= Exercise materials =
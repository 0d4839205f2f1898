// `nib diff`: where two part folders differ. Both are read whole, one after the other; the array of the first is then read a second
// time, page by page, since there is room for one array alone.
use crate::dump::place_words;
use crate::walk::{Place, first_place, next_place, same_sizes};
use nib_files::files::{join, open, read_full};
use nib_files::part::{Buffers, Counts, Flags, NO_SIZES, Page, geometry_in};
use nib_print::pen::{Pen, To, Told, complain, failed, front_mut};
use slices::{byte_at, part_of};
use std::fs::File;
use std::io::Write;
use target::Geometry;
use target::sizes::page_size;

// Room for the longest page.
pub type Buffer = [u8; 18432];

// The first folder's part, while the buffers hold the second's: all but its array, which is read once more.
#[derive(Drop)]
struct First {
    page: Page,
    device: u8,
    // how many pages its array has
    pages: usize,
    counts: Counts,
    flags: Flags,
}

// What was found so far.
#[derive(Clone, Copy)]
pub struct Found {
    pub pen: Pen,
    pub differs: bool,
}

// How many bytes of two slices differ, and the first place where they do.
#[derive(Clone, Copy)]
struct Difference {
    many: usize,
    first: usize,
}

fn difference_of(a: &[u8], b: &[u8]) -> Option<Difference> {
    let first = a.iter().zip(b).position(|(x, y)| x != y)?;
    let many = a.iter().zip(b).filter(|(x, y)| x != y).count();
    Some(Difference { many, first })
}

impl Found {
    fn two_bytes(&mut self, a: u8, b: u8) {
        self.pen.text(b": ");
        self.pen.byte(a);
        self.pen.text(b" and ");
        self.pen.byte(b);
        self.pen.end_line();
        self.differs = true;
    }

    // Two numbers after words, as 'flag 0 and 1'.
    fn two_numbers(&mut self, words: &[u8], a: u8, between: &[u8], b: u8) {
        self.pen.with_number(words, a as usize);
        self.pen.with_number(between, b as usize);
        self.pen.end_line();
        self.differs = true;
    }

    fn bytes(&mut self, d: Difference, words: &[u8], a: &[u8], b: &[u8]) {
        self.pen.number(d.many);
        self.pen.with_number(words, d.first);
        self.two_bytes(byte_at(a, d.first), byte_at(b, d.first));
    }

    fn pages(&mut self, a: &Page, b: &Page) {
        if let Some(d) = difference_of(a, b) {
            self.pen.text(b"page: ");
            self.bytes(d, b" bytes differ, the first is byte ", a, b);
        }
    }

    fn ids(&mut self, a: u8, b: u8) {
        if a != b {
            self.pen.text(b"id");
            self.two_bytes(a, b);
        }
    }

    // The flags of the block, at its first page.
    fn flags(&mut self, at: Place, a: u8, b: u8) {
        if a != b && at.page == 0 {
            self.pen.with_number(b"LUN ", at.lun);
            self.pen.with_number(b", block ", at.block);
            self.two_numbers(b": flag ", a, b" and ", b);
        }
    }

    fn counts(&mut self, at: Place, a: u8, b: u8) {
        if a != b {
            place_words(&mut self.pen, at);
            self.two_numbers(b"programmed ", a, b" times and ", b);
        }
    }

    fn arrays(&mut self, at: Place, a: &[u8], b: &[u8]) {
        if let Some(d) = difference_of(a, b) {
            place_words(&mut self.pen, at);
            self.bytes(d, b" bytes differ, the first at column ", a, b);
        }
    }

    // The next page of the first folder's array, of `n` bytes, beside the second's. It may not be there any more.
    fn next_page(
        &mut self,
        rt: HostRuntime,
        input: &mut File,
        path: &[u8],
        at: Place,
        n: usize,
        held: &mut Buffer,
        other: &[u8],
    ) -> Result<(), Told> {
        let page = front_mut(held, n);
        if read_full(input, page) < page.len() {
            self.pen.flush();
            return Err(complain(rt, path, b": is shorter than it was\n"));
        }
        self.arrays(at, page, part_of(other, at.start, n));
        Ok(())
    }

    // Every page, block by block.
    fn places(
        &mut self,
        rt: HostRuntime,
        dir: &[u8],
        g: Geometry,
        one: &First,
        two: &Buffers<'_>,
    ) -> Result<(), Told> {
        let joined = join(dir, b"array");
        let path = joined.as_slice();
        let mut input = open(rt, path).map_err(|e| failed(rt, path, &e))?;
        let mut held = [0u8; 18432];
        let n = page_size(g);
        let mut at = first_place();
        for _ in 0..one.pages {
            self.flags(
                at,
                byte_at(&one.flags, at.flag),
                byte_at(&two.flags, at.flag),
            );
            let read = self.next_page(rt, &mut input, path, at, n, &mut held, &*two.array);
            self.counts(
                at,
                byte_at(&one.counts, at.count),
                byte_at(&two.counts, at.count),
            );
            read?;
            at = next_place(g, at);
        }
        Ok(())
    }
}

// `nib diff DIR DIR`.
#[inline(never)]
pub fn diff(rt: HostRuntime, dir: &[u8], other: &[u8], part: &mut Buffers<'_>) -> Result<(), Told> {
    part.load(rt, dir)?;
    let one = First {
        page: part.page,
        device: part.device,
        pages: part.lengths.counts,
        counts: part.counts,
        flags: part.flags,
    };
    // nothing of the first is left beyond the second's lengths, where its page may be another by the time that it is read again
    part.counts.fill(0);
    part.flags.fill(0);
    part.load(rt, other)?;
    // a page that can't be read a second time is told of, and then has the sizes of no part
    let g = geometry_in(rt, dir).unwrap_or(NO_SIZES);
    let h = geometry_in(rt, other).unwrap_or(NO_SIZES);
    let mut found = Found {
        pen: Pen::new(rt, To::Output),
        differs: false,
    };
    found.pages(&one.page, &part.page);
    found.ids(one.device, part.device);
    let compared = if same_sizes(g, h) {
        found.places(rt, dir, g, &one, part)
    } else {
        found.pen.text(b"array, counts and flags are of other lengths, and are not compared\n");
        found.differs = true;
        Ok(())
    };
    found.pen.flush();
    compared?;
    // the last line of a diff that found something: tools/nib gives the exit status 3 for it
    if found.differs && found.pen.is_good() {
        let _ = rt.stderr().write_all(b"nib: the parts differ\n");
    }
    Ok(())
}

= What is required =
Which lines above hold the string "held"? Copy every one of them.

= Exercise answer =
        held: &mut Buffer,
        let page = front_mut(held, n);
        let mut held = [0u8; 18432];
            let read = self.next_page(rt, &mut input, path, at, n, &mut held, &*two.array);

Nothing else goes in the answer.